→ **WORK INSTRUCTION**
Print the data below exactly, but only the lines from the one containing "with this text." down to the one containing "pub(crate) fn reply(&self, alloc: Global)", inclusive.

→ **Items listed in a dataset**
+++

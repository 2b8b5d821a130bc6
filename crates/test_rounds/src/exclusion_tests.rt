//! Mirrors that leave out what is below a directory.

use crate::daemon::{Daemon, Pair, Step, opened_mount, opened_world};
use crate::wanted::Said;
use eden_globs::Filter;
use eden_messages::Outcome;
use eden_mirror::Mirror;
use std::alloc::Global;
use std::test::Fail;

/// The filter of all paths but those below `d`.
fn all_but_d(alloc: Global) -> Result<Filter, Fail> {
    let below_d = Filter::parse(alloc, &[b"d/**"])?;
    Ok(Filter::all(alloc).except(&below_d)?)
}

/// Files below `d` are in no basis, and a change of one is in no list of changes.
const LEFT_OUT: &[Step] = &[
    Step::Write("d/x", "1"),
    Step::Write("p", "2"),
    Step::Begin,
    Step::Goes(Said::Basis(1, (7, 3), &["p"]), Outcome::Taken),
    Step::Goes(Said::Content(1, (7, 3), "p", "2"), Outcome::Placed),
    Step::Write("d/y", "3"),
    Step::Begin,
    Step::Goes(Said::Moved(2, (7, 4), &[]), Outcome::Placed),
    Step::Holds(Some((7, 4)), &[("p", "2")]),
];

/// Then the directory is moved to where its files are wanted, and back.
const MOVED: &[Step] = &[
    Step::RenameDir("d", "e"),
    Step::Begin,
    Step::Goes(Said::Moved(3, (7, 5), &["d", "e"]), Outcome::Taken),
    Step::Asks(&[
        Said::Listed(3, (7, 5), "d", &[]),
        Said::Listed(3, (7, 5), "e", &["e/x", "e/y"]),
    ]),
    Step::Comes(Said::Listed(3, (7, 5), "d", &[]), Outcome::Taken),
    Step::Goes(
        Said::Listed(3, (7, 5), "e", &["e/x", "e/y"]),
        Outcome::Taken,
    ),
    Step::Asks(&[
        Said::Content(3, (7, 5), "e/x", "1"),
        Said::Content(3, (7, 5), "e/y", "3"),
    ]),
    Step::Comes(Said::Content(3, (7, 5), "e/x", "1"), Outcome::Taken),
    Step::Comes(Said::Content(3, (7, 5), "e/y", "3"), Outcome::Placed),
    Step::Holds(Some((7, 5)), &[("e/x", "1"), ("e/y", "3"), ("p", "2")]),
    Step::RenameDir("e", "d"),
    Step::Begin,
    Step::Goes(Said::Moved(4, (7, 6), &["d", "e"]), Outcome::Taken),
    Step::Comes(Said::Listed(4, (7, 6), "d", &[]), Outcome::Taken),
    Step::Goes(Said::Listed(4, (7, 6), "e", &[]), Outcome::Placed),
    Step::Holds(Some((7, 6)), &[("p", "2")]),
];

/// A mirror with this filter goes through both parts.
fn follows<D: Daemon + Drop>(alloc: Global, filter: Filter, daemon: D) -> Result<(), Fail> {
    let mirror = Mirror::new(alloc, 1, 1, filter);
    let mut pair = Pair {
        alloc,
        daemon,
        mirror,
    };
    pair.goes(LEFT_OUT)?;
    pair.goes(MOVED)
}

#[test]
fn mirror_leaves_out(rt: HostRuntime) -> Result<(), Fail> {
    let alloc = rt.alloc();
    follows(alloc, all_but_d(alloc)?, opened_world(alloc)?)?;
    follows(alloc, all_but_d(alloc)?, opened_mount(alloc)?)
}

+++

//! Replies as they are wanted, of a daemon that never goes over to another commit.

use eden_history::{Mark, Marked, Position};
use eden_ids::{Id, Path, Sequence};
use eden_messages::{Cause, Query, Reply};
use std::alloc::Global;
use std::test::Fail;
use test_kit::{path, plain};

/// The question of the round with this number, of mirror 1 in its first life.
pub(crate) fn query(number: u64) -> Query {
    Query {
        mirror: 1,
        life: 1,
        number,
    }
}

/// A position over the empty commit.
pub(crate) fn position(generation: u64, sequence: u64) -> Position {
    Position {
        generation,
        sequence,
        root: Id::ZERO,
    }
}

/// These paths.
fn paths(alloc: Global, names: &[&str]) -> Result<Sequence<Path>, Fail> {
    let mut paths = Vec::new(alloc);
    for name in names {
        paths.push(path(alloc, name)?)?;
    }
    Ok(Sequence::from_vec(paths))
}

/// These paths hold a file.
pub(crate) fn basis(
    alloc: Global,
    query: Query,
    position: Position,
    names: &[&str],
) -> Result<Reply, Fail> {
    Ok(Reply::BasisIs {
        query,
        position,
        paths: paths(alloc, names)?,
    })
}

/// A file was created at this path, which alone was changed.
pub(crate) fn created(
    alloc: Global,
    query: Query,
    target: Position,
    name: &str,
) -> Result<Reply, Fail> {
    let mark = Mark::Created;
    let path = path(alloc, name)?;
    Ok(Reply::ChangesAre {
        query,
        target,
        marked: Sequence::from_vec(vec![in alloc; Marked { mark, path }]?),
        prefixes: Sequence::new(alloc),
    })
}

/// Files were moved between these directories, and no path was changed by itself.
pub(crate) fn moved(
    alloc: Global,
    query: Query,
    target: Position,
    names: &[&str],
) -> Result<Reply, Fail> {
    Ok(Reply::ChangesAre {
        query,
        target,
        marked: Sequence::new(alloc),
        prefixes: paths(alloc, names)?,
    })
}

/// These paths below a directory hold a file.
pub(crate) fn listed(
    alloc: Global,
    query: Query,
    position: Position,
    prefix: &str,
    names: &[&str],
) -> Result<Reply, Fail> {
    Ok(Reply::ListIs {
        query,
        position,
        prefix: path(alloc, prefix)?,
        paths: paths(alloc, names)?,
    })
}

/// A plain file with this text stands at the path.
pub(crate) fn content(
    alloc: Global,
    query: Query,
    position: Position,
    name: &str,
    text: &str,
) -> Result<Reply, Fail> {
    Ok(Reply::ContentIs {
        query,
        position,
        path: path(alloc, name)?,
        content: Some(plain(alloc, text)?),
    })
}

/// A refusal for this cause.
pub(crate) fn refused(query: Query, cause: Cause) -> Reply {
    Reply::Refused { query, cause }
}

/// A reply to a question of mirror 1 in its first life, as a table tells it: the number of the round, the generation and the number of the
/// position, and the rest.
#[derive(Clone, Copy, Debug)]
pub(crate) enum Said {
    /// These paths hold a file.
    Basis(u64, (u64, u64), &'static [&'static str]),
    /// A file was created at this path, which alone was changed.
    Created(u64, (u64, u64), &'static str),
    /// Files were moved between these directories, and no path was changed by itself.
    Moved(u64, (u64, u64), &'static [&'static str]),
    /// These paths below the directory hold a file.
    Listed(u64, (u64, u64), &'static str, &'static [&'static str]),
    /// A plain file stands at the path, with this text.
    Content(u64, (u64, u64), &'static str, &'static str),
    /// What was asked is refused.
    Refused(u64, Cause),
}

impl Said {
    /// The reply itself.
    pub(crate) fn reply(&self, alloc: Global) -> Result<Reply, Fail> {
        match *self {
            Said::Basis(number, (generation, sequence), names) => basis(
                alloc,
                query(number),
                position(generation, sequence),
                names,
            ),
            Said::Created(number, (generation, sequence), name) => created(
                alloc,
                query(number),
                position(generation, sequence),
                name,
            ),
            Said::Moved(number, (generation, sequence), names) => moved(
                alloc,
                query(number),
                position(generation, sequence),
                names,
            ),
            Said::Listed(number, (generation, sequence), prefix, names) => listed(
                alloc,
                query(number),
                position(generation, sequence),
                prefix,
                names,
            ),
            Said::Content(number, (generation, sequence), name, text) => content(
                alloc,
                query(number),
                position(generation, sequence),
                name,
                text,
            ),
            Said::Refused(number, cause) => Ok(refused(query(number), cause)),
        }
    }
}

+++

→ **SOLUTION TO THIS TASK**
    /// A plain file stands at the path, with this text.
    Content(u64, (u64, u64), &'static str, &'static str),
    /// What was asked is refused.
    Refused(u64, Cause),
}

impl Said {
    /// The reply itself.
    pub(crate) fn reply(&self, alloc: Global) -> Result<Reply, Fail> {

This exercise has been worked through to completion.